* _Directions for this task_: Scan the entries that follow and copy out every line containing "OnOk".

Records drawn from a dataset:
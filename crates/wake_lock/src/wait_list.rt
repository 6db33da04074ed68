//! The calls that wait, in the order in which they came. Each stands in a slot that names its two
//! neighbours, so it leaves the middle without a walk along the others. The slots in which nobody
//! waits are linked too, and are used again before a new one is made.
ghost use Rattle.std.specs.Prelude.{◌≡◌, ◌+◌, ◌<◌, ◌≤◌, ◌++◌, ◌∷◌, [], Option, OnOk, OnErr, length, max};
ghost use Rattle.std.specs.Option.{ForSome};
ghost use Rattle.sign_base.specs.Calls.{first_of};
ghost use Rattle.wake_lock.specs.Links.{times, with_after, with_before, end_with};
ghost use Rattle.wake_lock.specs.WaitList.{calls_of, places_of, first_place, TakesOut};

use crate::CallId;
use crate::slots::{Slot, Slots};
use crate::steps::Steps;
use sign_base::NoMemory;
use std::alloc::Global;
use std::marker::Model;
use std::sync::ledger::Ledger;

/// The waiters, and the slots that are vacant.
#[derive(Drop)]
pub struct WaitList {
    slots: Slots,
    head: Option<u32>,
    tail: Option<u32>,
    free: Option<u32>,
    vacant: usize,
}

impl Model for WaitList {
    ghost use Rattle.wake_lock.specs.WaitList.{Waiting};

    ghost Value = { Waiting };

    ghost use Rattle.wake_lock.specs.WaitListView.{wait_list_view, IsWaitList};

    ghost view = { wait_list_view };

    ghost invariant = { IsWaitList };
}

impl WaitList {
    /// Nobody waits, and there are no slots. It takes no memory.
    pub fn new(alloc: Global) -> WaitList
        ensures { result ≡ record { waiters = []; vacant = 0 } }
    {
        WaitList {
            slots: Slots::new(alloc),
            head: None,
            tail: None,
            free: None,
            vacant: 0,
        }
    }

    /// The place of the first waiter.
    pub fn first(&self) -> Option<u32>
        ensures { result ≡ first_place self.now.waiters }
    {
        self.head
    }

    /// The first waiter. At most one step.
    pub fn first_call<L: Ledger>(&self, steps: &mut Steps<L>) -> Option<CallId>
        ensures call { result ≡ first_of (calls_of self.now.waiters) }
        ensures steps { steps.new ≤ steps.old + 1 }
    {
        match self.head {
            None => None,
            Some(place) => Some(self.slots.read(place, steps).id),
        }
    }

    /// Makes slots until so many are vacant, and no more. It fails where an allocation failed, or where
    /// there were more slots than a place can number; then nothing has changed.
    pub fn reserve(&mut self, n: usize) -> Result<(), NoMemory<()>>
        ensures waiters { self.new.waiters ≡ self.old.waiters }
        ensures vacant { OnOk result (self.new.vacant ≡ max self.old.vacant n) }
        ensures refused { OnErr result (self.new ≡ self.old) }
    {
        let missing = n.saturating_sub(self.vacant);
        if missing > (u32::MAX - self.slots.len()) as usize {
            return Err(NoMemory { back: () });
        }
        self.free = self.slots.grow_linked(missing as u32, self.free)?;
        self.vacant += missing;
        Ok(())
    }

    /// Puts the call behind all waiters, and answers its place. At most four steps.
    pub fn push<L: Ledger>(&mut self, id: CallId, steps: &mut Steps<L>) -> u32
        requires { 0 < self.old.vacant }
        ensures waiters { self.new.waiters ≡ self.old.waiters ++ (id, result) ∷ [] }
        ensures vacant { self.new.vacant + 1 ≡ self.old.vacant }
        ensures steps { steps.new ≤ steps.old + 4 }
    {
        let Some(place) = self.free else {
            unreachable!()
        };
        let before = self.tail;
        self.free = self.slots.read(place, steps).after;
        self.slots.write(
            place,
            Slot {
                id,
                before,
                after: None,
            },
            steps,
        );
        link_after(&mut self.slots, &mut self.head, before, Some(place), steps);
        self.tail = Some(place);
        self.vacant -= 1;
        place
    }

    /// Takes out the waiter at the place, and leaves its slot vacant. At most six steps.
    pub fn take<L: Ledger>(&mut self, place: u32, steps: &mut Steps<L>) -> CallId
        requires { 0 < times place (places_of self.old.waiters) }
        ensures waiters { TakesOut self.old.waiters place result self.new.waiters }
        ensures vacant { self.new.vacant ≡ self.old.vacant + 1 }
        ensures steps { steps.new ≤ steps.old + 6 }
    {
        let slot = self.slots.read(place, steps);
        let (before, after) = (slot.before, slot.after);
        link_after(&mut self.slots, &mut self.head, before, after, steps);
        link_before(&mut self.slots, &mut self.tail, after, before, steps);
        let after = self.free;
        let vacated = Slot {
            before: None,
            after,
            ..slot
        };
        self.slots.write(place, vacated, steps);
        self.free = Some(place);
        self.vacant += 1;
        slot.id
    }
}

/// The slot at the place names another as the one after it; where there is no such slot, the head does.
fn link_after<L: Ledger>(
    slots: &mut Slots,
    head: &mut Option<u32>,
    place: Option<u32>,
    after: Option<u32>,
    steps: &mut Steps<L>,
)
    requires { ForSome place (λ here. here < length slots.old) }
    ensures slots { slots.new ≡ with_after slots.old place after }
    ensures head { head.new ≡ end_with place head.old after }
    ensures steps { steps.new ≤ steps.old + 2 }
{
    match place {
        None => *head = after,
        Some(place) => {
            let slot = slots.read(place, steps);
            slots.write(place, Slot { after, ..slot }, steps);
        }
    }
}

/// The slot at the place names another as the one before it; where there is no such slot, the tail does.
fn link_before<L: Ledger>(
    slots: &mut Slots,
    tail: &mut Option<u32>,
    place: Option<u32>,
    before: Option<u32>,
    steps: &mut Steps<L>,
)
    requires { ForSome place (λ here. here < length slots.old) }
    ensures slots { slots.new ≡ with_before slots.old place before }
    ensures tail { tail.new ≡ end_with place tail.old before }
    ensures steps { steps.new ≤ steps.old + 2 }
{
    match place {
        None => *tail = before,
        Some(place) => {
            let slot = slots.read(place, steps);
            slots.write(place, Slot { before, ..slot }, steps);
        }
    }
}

* _Exercise output_:
ghost use Rattle.std.specs.Prelude.{◌≡◌, ◌+◌, ◌<◌, ◌≤◌, ◌++◌, ◌∷◌, [], Option, OnOk, OnErr, length, max};
        ensures vacant { OnOk result (self.new.vacant ≡ max self.old.vacant n) }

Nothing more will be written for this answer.